Кстати, не поймите меня превратно, я позвонил в ведомство детских домов, но там никто не знает о вашем визите. Жаль, жаль.
– Они и не могли знать. Я там еще не была, – призналась Дороти. – И все же я серьезно намеревалась создать детский интернат. Ну, а теперь послушайте меня внимательно, инспектор. Я рада, что имею возможность так мило беседовать с вами за кружкой портера. Но я за ясность. А вы, мой друг, вот уже больше часа ходите вокруг да около, вместо того чтобы спросить меня напрямик.
– Это так, – подтвердил инспектор. – Но моей натуре претит пугать людей вопросами. Я за приятные беседы.
– А я за то, чтобы вы наконец сказали, что вы замышляете. Ведь меня вы считаете главным подозреваемым лицом, не так ли?

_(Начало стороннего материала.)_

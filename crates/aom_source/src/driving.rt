//! All methods: what one calls is translated before it.
//!
//! What is to be translated waits on a stack. A method that waits already is called by one that it waits for: no method may come to itself.
use aom_source_code::Code;
use aom_source_methods::{
    Helpers, Outcome, Summaries, Summary, Translated, first_states, translate_method,
};
use aom_source_program::{Fault, FaultKind, MethodId, Program, Role, Source};
use aom_source_states::RequestStates;

/// The most instructions of a method.
const MOST_INSTRUCTIONS: usize = 1024;

/// How far a method is.
#[derive(Clone, Copy, PartialEq, Eq, Debug)]
enum Mark {
    New,
    Open,
    Done,
    /// It is refused, or one that it calls is.
    Failed,
}

/// The methods of a program, on the way.
#[derive(Drop)]
pub struct Driving<'s, 't, 'a> {
    source: &'s Source<'t, 'a>,
    program: &'s Program<'a>,
    helpers: &'s Helpers,
    pub summaries: Summaries<'a>,
    pub codes: Vec<Option<Code<'a>>>,
    marks: Vec<Mark>,
    /// The first fault of each method.
    pub faults: Vec<Fault<'a>>,
}

impl<'s, 't, 'a> Driving<'s, 't, 'a> {
    /// No method is translated yet.
    pub fn new(
        source: &'s Source<'t, 'a>,
        program: &'s Program<'a>,
        helpers: &'s Helpers,
    ) -> Result<Driving<'s, 't, 'a>, Fault<'a>> {
        let alloc = program.alloc;
        let mut driving = Driving {
            source,
            program,
            helpers,
            summaries: Vec::new(alloc),
            codes: Vec::new(alloc),
            marks: Vec::new(alloc),
            faults: Vec::new(alloc),
        };
        for _ in 0..program.methods.len() {
            driving.summaries.push(None)?;
            driving.codes.push(None)?;
            driving.marks.push(Mark::New)?;
        }
        Ok(driving)
    }

    fn mark(&self, method: MethodId) -> Mark {
        match self.marks.get(method.0) {
            Some(mark) => *mark,
            None => Mark::Failed,
        }
    }

    fn set_mark(&mut self, method: MethodId, mark: Mark) {
        if method.0 < self.marks.len() {
            self.marks[method.0] = mark;
        }
    }

    /// Translates a method, and before it what it calls.
    pub fn visit(&mut self, method: MethodId) -> Result<(), Fault<'a>> {
        let mut waiting: Vec<MethodId> = Vec::new(self.program.alloc);
        if self.mark(method) == Mark::New {
            waiting.push(method)?;
        }
        // each method waits once, and is looked at once more when all that it needs is there
        for _ in 0..self
            .program
            .methods
            .len()
            .saturating_mul(4)
            .saturating_add(4)
        {
            let Some(next) = waiting.pop() else {
                return Ok(());
            };
            if self.mark(next) == Mark::Done || self.mark(next) == Mark::Failed {
                continue;
            }
            self.set_mark(next, Mark::Open);
            self.attempt(next, &mut waiting)?;
        }
        Err(Fault::internal())
    }

    fn attempt(&mut self, method: MethodId, waiting: &mut Vec<MethodId>) -> Result<(), Fault<'a>> {
        let program = self.program;
        let overriders = &program.method(method)?.overriders;
        if self.wants_first(method, overriders, waiting)? {
            return Ok(());
        }
        match self.translate(method) {
            Ok(Outcome::Needs(needs)) => {
                let _ = self.wants_first(method, &needs, waiting)?;
                Ok(())
            }
            Ok(Outcome::Done(translated)) => self.keep(method, translated),
            Err(fault) => self.fail(method, fault),
        }
    }

    /// Whether some methods have to come first. Then they wait above this one.
    fn wants_first(
        &mut self,
        method: MethodId,
        needed: &Vec<MethodId>,
        waiting: &mut Vec<MethodId>,
    ) -> Result<bool, Fault<'a>> {
        let mut wants = false;
        for next in needed {
            match self.mark(*next) {
                Mark::Done => {}
                Mark::Failed => {
                    // what is wrong there is told there
                    self.set_mark(method, Mark::Failed);
                    return Ok(true);
                }
                Mark::Open => {
                    let found = self.program.method(*next)?;
                    let fault = Fault::at(FaultKind::Recursion, found.token).about(found.name);
                    self.fail(method, fault)?;
                    return Ok(true);
                }
                Mark::New => wants = true,
            }
        }
        if wants {
            waiting.push(method)?;
            for next in needed {
                if self.mark(*next) == Mark::New {
                    waiting.push(*next)?;
                }
            }
        }
        Ok(wants)
    }

    fn fail(&mut self, method: MethodId, fault: Fault<'a>) -> Result<(), Fault<'a>> {
        if fault.kind == FaultKind::OutOfMemory {
            return Err(fault);
        }
        self.set_mark(method, Mark::Failed);
        self.faults.push(fault)?;
        Ok(())
    }

    /// Translates a method that begins in each state; where a request is in the way of that, in those states in which it may begin.
    fn translate(&self, method: MethodId) -> Result<Outcome<'a>, Fault<'a>> {
        let begin = first_states(self.program, method)?;
        let fault = match self.translate_from(method, begin) {
            Ok(outcome) => return Ok(outcome),
            Err(fault) => fault,
        };
        let is_called = self.program.method(method)?.role == Role::Function;
        if !is_called || !fault.kind.is_of_states() || begin.is_none() {
            return Err(fault);
        }
        let mut good = RequestStates::NONE;
        for (_, state) in RequestStates::LETTERS {
            if state.is_within(begin) && self.may_begin(method, state)? {
                good = good.or(state);
            }
        }
        if good.is_none() {
            return Err(fault);
        }
        self.translate_from(method, good)
    }

    fn may_begin(&self, method: MethodId, state: RequestStates) -> Result<bool, Fault<'a>> {
        match self.translate_from(method, state) {
            Ok(_) => Ok(true),
            Err(fault) if fault.kind.is_of_states() => Ok(false),
            Err(fault) => Err(fault),
        }
    }

    fn translate_from(
        &self,
        method: MethodId,
        begin: RequestStates,
    ) -> Result<Outcome<'a>, Fault<'a>> {
        translate_method(
            &*self.source,
            &*self.program,
            &self.summaries,
            &*self.helpers,
            method,
            begin,
        )
    }

    /// Keeps a method. What its overriders may do it may do.
    fn keep(&mut self, method: MethodId, translated: Translated<'a>) -> Result<(), Fault<'a>> {
        let Translated { code, mut summary } = translated;
        let program = self.program;
        if MOST_INSTRUCTIONS < code.lines.len() {
            let found = program.method(method)?;
            let fault = Fault::at(FaultKind::MethodTooLong, found.token).about(found.name);
            return self.fail(method, fault);
        }
        for overrider in &program.method(method)?.overriders {
            let Some(Some(other)) = self.summaries.get(overrider.0) else {
                return Err(Fault::internal());
            };
            if !summary.begin.is_within(other.begin) {
                let found = program.method(*overrider)?;
                let fault = Fault::at(FaultKind::WrongState, found.token).about(found.name);
                return self.fail(method, fault);
            }
            widen(&mut summary, other);
        }
        if method.0 < self.summaries.len() && method.0 < self.codes.len() {
            self.summaries[method.0] = Some(summary);
            self.codes[method.0] = Some(code);
        }
        self.set_mark(method, Mark::Done);
        Ok(())
    }
}

fn widen<'a>(summary: &mut Summary<'a>, other: &Summary<'a>) {
    summary.leaves = summary.leaves || other.leaves;
    if summary.noise.is_none() {
        summary.noise = other.noise;
    }
    summary.end = summary.end.or(other.end);
}
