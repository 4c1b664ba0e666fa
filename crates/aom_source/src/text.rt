//! A text on its way, word by word.
use std::alloc::Global;

/// A text on its way. Where memory lacks that is noted, and told at its end.
#[derive(Drop)]
pub struct Text {
    bytes: Vec<u8>,
    is_short: bool,
}

impl Text {
    /// No text yet.
    pub fn new(alloc: Global) -> Text {
        Text {
            bytes: Vec::new(alloc),
            is_short: false,
        }
    }

    /// Adds words.
    pub fn words(&mut self, words: &[u8]) {
        if self.bytes.extend_from_slice(words).is_err() {
            self.is_short = true;
        }
    }

    /// Adds a number.
    pub fn number(&mut self, number: i64) {
        let mut buffer = itoa::Buffer::new();
        self.words(buffer.format(number).as_bytes());
    }

    /// Adds words and a number.
    pub fn count(&mut self, words: &[u8], number: i64) {
        self.words(words);
        self.number(number);
    }

    /// The bytes, where there was memory for all of them.
    pub fn bytes(self) -> Option<Vec<u8>> {
        if self.is_short {
            return None;
        }
        Some(self.bytes)
    }
}
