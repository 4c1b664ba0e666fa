//! A source, translated.
ghost use Rattle.std.specs.Prelude.{◌≡◌, All, IfErr, IfOk, List, Ok, length, min, ℕ};
ghost use Rattle.aom_asm.specs.Denoted.{denoted};
ghost use Rattle.aom_source.specs.Budgets.{IsCostOfMain};
ghost use Rattle.aom_source.specs.Listing.{HasClassNames, HasMemberNames, HasMethodNames};
ghost use Rattle.aom_source.specs.Map.{IsNamed, line_count};
ghost use Rattle.aom_source.specs.Refusals.{IsToldIn};

use crate::driving::Driving;
use crate::labels::name_methods;
use crate::listing::{MOST_BYTES, are_all_named};
use crate::ordering::{listed_methods, order_methods, quiet_methods};
use crate::refusal::Refusal;
use crate::writing::{Budgets, Parts, Written, write_program};
use aom_asm::assemble;
use aom_budget::Figures;
use aom_image::{ClassNumber, Image};
use aom_link_conditions::LinkFault;
use aom_linker::{Linked, link};
use aom_source_methods::add_helpers;
use aom_source_program::{
    ClassId, Fault, FaultKind, MOST_METHODS, Program, Source, declare, resolve,
};
use aom_source_syntax::read_program;
use aom_source_tokens::Tokens;
use aom_text::{AsmFault, AsmFaultKind};
use aom_verify::{Checked, check};
use std::alloc::{AllocError, Global};

/// What a source is translated to: a text with its origins, and the image that it denotes.
#[derive(Drop)]
pub struct Translation<'a> {
    pub written: Written<'a>,
    pub image: Image,
}

impl<'a> Translation<'a> {
    /// The text alone.
    pub fn into_text(self) -> Vec<u8>
        ensures { result ≡ self.entry.written.text }
    {
        let Translation { written, .. } = self;
        let Written { text, .. } = written;
        text
    }
}

/// Translates a source, or tells the first fault of each method. A list without a refusal says that there is no memory.
pub fn translate<'a>(
    alloc: Global,
    tokens: &Tokens<'a>,
) -> Result<Translation<'a>, Vec<Refusal<'a>>>
    ensures image { IfOk result (λ t. denoted t.written.text.items ≡ Ok t.image) }
    ensures lines { IfOk result (λ t. line_count t.written.text.items ≡ length t.written.origins.items) }
    ensures names { IfOk result (λ t. All (IsNamed tokens.now t.written.origins.items) t.written.names.items) }
    ensures classes { IfOk result (λ t. HasClassNames tokens.now t.written) }
    ensures methods { IfOk result (λ t. HasMethodNames tokens.now t.written) }
    ensures members { IfOk result (λ t. HasMemberNames tokens.now t.written) }
    ensures places { IfErr result (λ refusals. All (IsToldIn tokens.now.bytes) refusals.items) }
{
    let written = match written_of(alloc, tokens) {
        Ok(written) => written,
        Err(refusals) => return Err(refusals),
    };
    match assemble(alloc, &written.text) {
        Ok(image) => Ok(Translation { written, image }),
        Err(fault) => Err(alone(alloc, of_assembling(tokens, fault))),
    }
}

/// A text that the translator has written and that does not assemble is a fault of its own.
fn of_assembling<'a>(tokens: &Tokens<'a>, fault: AsmFault) -> Refusal<'a>
    ensures { IsToldIn tokens.now.bytes result }
{
    if fault.kind == AsmFaultKind::OutOfMemory {
        return Refusal::OutOfMemory;
    }
    Refusal::of_fault(tokens, Fault::internal())
}

fn alone<'a>(alloc: Global, refusal: Refusal<'a>) -> Vec<Refusal<'a>>
    ensures { (bytes : List ℕ) → IsToldIn bytes refusal.entry → All (IsToldIn bytes) result.items }
{
    let mut refusals: Vec<Refusal<'a>> = Vec::new(alloc);
    // where there is no room for it, there is no memory, and an empty list says so
    let _ = refusals.push(refusal);
    refusals
}

fn written_of<'a>(alloc: Global, tokens: &Tokens<'a>) -> Result<Written<'a>, Vec<Refusal<'a>>>
    ensures lines { IfOk result (λ w. line_count w.text.items ≡ length w.origins.items) }
    ensures names { IfOk result (λ w. All (IsNamed tokens.now w.origins.items) w.names.items) }
    ensures classes { IfOk result (HasClassNames tokens.now) }
    ensures methods { IfOk result (HasMethodNames tokens.now) }
    ensures members { IfOk result (HasMemberNames tokens.now) }
    ensures places { IfErr result (λ refusals. All (IsToldIn tokens.now.bytes) refusals.items) }
{
    let items = match read_program(alloc, tokens) {
        Ok(items) => items,
        Err(fault) => return Err(alone(alloc, Refusal::of_syntax(tokens, fault))),
    };
    let source = match Source::of(alloc, &*tokens, &items) {
        Ok(source) => source,
        Err(fault) => return Err(alone(alloc, Refusal::of_fault(tokens, fault))),
    };
    match translate_source(alloc, &source) {
        Ok(written) => named(alloc, tokens, written),
        Err(faults) => Err(refusals_of(alloc, tokens, &faults)),
    }
}

/// What was written, if its names are those of the source: else the fault is the translator's own.
fn named<'a>(
    alloc: Global,
    tokens: &Tokens<'a>,
    written: Written<'a>,
) -> Result<Written<'a>, Vec<Refusal<'a>>>
    ensures same { IfOk result (λ w. w ≡ written.entry) }
    ensures names { IfOk result (λ w. All (IsNamed tokens.now w.origins.items) w.names.items) }
    ensures classes { IfOk result (HasClassNames tokens.now) }
    ensures methods { IfOk result (HasMethodNames tokens.now) }
    ensures members { IfOk result (HasMemberNames tokens.now) }
    ensures places { IfErr result (λ refusals. All (IsToldIn tokens.now.bytes) refusals.items) }
{
    match are_all_named(alloc, tokens, &written) {
        Ok(true) => Ok(written),
        Ok(false) => Err(alone(alloc, Refusal::of_fault(tokens, Fault::internal()))),
        Err(_) => Err(alone(alloc, Refusal::OutOfMemory)),
    }
}

fn refusals_of<'a>(alloc: Global, tokens: &Tokens<'a>, faults: &Vec<Fault<'a>>) -> Vec<Refusal<'a>>
    ensures { All (IsToldIn tokens.now.bytes) result.items }
{
    let mut refusals: Vec<Refusal<'a>> = Vec::new(alloc);
    for fault in faults {
        let _ = refusals.push(Refusal::of_fault(tokens, *fault));
    }
    refusals
}

fn one_fault<'a>(alloc: Global, fault: Fault<'a>) -> Vec<Fault<'a>> {
    let mut faults: Vec<Fault<'a>> = Vec::new(alloc);
    let _ = faults.push(fault);
    faults
}

fn translate_source<'a>(
    alloc: Global,
    source: &Source<'_, 'a>,
) -> Result<Written<'a>, Vec<Fault<'a>>>
    ensures { IfOk result (λ w. line_count w.text.items ≡ length w.origins.items) }
{
    let mut program = match declared(alloc, source) {
        Ok(program) => program,
        Err(fault) => return Err(one_fault(alloc, fault)),
    };
    let helpers = match add_helpers(&mut program) {
        Ok(helpers) => helpers,
        Err(fault) => return Err(one_fault(alloc, fault)),
    };
    if let Err(fault) = name_methods(&mut program) {
        return Err(one_fault(alloc, fault));
    }
    let mut driving = match Driving::new(source, &program, &helpers) {
        Ok(driving) => driving,
        Err(fault) => return Err(one_fault(alloc, fault)),
    };
    if let Err(fault) = visit_all(&mut driving, &program) {
        return Err(one_fault(alloc, fault));
    }
    let Driving {
        summaries,
        codes,
        faults,
        ..
    } = driving;
    if !faults.is_empty() {
        return Err(faults);
    }
    match written(&program, &summaries, &codes) {
        Ok(written) => Ok(written),
        Err(fault) => Err(one_fault(alloc, fault)),
    }
}

fn declared<'a>(alloc: Global, source: &Source<'_, 'a>) -> Result<Program<'a>, Fault<'a>> {
    let mut program = declare(alloc, source)?;
    resolve(&mut program)?;
    Ok(program)
}

fn visit_all<'a>(
    driving: &mut Driving<'_, '_, 'a>,
    program: &Program<'a>,
) -> Result<(), Fault<'a>> {
    for method in &listed_methods(program)? {
        driving.visit(*method)?;
    }
    driving.visit(program.main.ok_or(Fault::internal())?)
}

/// The text with the budgets that it wants: it is written with the greatest, and what its image costs is filled in.
fn written<'a>(
    program: &Program<'a>,
    summaries: &aom_source_methods::Summaries<'a>,
    codes: &Vec<Option<aom_source_code::Code<'a>>>,
) -> Result<Written<'a>, Fault<'a>>
    ensures { IfOk result (λ w. line_count w.text.items ≡ length w.origins.items) }
{
    let order = order_methods(program, summaries)?;
    if let Some(beyond) = order.get(MOST_METHODS) {
        let method = program.method(*beyond)?;
        return Err(Fault::at(FaultKind::TooManyMethods, method.token).about(method.name));
    }
    let quiet = quiet_methods(program, summaries)?;
    let parts = Parts {
        program,
        summaries,
        codes,
        order: &order,
        quiet: &quiet,
    };
    let greatest = Budgets {
        main: u32::MAX,
        classes: Vec::new(program.alloc),
    };
    let written = write_program(parts, &greatest)?;
    if MOST_BYTES < written.text.len() {
        return Err(Fault::at(FaultKind::ProgramTooLong, 0));
    }
    match budgets_of(program, &written.text)? {
        Some(budgets) => write_program(parts, &budgets),
        None => Ok(written),
    }
}

/// What the image of a text costs, if it is accepted so far.
fn budgets_of<'a>(program: &Program<'a>, text: &[u8]) -> Result<Option<Budgets>, Fault<'a>> {
    let alloc = program.alloc;
    let image = match assemble(alloc, text) {
        Ok(image) => image,
        Err(fault) if fault.kind == AsmFaultKind::OutOfMemory => return Err(no_memory()),
        Err(_) => return Ok(None),
    };
    let Some(checked) = checked(alloc, image)? else {
        return Ok(None);
    };
    let budgets = costs(program, &checked);
    drop(checked);
    Ok(Some(budgets?))
}

fn no_memory<'a>() -> Fault<'a> {
    Fault::at(FaultKind::OutOfMemory, 0)
}

/// An image that is accepted, but for its budgets. Want of memory is no refusal.
fn checked<'a>(alloc: Global, image: Image) -> Result<Option<Checked>, Fault<'a>> {
    let linked = match link(alloc, image) {
        Ok(linked) => linked,
        Err(LinkFault::OutOfMemory) => return Err(no_memory()),
        Err(_) => return Ok(None),
    };
    match check(alloc, linked) {
        Ok(checked) => Ok(Some(checked)),
        Err(aom_verify::Refusal::OutOfMemory) => Err(no_memory()),
        Err(_) => Ok(None),
    }
}

fn costs<'a>(program: &Program<'a>, checked: &Checked) -> Result<Budgets, AllocError>
    ensures main { IfOk result (λ budgets. IsCostOfMain checked.now budgets.main) }
{
    let figures = Figures::of_image(program.alloc, checked)?;
    let classes = class_budgets(program, &figures, checked.linked())?;
    Ok(Budgets {
        main: low(figures.main_price(checked.linked())),
        classes,
    })
}

/// The budgets that are written of the classes, by their numbers in the source.
fn class_budgets<'a>(
    program: &Program<'a>,
    figures: &Figures,
    linked: &Linked,
) -> Result<Vec<u32>, AllocError> {
    let mut budgets: Vec<u32> = Vec::new(program.alloc);
    for _ in 0..program.classes.len() {
        budgets.push(u32::MAX)?;
    }
    for at in 0..program.class_order.len() {
        let ClassId(id) = program.class_order[at];
        if let Some(price) = class_price(figures, linked, at) {
            if id < budgets.len() {
                budgets[id] = low(price);
            }
        }
    }
    Ok(budgets)
}

/// What a dispatch of an object of a class costs, by the class's number in the image.
fn class_price(figures: &Figures, linked: &Linked, at: usize) -> Option<u64> {
    if at >= 256 {
        return None;
    }
    let declared = linked.image().classes().as_slice().get(at)?;
    let number = ClassNumber::new(at as u16)?;
    Some(figures.kind_price(linked, number, declared.kind))
}

fn low(price: u64) -> u32
    ensures { result ≡ min price 4294967295 }
{
    price.min(4294967295) as u32
}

– Конечно, – утвердительно сказал Бейли. – У кого еще могут быть причины освободиться от этих неприятных людей?
– Получается так, – согласилась Дороти и неожиданно добавила: – То, что кажется правильным на первый взгляд, не всегда подтверждается.
– И такое случается.
– Что же вы собираетесь предпринять? Арестовать меня?
– Для этого не хватает показаний и материалов.
Бейли, не стесняясь, налил себе пива, с наслаждением сделал глоток и опять закрыл глаза.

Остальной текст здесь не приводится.